(Extracted entries Opens)

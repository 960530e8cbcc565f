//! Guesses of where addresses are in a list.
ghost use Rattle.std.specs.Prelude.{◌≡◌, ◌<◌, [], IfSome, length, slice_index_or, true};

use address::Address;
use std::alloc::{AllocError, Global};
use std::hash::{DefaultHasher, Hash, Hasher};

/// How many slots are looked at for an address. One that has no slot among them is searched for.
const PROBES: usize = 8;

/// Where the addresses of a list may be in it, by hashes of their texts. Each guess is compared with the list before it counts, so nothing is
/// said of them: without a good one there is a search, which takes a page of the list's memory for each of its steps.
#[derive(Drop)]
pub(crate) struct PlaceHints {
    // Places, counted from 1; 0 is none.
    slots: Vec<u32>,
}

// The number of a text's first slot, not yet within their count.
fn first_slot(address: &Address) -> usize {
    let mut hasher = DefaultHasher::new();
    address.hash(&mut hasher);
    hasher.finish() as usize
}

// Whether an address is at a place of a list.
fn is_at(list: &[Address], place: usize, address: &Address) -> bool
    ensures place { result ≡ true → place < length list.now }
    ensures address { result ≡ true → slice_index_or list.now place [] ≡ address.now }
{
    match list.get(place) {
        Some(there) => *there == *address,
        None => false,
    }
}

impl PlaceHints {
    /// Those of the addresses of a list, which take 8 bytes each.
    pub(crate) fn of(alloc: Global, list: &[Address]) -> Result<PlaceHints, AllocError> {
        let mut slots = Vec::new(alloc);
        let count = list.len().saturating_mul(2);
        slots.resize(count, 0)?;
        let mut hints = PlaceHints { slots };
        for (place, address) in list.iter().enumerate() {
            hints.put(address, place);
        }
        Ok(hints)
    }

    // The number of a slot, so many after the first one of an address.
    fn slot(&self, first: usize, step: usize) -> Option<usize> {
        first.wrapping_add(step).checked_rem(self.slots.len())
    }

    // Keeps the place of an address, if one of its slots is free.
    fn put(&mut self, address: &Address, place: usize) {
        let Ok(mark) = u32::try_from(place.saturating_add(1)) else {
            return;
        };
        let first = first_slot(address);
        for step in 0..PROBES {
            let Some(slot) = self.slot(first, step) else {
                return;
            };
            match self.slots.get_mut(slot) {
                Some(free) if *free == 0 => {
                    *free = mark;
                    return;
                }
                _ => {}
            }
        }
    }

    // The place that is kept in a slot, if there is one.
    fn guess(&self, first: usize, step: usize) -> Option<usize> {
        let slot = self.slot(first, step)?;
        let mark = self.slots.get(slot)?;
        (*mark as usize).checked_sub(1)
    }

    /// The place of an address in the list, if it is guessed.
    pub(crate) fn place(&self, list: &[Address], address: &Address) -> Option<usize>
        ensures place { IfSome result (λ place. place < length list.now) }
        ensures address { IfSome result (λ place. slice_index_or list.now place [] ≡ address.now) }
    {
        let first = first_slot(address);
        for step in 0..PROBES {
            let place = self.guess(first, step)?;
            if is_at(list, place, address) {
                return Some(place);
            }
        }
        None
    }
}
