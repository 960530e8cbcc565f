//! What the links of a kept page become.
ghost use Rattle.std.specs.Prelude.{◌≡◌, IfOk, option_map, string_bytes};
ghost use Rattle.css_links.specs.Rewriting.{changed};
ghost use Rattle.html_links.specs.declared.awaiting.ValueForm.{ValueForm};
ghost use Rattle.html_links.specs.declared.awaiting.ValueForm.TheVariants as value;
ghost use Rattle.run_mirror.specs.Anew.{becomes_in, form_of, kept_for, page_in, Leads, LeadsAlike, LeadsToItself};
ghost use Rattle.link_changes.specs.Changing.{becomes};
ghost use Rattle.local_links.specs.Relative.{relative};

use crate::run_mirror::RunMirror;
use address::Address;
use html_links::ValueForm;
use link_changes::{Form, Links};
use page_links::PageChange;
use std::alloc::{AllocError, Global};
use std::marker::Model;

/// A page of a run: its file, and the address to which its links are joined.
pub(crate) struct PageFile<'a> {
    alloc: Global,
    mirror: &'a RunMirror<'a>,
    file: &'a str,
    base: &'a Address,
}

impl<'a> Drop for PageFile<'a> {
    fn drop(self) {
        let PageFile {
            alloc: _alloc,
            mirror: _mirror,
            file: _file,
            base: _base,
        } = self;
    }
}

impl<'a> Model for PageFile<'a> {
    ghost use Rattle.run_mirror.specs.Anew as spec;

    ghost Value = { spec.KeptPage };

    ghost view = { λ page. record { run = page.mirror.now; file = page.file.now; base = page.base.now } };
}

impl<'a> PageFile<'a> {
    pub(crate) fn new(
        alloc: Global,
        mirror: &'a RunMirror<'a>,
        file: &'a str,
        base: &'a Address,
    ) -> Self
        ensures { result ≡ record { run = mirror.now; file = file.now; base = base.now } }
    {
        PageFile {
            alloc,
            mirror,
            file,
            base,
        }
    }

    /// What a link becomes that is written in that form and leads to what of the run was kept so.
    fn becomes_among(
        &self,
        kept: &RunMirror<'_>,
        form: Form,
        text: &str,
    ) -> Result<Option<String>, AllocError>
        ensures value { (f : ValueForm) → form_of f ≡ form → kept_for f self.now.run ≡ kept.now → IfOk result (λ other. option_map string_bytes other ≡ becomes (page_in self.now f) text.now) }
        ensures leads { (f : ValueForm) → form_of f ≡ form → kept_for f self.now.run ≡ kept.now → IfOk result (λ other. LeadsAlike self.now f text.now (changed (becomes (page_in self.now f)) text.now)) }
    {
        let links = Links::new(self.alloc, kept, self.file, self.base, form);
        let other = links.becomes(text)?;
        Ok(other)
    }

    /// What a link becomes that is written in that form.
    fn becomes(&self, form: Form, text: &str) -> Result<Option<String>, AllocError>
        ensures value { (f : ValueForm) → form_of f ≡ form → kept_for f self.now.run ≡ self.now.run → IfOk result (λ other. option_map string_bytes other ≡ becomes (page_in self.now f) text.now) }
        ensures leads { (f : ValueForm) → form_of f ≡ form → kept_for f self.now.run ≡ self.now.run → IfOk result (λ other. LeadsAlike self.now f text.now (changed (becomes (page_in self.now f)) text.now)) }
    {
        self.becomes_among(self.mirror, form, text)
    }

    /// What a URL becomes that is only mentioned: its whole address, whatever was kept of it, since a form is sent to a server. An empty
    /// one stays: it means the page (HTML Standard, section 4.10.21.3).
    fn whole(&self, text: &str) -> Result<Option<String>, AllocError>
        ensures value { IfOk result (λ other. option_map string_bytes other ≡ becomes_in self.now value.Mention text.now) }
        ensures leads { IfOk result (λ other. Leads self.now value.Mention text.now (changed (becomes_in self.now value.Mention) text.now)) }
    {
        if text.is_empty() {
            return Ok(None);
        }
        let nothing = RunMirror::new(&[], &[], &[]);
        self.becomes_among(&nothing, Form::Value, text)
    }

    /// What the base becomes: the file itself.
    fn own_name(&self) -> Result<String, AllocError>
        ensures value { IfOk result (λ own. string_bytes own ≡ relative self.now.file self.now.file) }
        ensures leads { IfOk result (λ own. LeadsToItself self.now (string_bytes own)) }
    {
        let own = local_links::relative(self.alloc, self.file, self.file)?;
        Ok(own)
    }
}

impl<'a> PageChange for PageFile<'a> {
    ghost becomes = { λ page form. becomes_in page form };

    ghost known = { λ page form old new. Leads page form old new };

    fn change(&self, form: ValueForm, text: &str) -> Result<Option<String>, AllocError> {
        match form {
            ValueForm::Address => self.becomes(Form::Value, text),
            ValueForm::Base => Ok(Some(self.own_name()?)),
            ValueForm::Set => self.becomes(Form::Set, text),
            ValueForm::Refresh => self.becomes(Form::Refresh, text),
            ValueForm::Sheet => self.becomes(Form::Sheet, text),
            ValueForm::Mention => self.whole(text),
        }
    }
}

(Extracted entries Closes)
(Extracted entries Opens)

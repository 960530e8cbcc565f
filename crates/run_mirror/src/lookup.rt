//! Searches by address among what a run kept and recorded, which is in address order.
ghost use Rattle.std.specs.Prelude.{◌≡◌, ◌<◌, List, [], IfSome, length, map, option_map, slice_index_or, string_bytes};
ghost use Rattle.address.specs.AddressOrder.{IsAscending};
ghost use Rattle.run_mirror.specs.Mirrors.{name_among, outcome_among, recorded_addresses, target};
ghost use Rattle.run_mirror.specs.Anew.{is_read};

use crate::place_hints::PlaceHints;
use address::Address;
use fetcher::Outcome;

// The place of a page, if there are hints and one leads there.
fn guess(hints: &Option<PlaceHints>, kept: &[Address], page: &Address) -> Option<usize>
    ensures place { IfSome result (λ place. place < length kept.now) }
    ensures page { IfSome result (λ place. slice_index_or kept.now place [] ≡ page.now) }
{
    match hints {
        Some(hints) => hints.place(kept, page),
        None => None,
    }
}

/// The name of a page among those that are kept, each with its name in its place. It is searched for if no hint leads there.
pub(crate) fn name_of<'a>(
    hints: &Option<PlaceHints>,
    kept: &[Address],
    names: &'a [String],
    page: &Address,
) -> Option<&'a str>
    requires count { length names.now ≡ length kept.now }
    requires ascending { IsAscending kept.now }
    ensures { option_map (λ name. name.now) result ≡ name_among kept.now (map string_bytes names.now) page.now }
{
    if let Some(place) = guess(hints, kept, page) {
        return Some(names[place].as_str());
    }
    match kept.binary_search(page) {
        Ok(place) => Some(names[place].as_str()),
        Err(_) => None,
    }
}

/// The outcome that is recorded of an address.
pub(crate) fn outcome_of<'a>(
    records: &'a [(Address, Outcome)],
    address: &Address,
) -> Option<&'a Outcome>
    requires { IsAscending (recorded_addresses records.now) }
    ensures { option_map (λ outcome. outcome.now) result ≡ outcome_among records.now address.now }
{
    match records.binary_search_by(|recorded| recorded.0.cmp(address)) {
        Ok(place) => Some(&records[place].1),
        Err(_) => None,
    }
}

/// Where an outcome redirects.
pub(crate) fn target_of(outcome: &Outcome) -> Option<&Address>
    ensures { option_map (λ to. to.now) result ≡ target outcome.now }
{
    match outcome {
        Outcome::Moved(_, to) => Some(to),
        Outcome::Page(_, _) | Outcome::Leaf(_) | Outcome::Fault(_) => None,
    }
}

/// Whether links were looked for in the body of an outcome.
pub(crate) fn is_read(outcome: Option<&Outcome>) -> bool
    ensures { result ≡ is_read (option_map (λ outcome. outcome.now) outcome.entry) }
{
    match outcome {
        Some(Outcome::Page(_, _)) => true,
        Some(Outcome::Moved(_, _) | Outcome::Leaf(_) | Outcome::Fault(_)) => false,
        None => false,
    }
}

(Extracted entries Closes)

* Work item
State how many lines of the listing hold the string "length"; reply with the number and nothing else.

* Solution for this task
6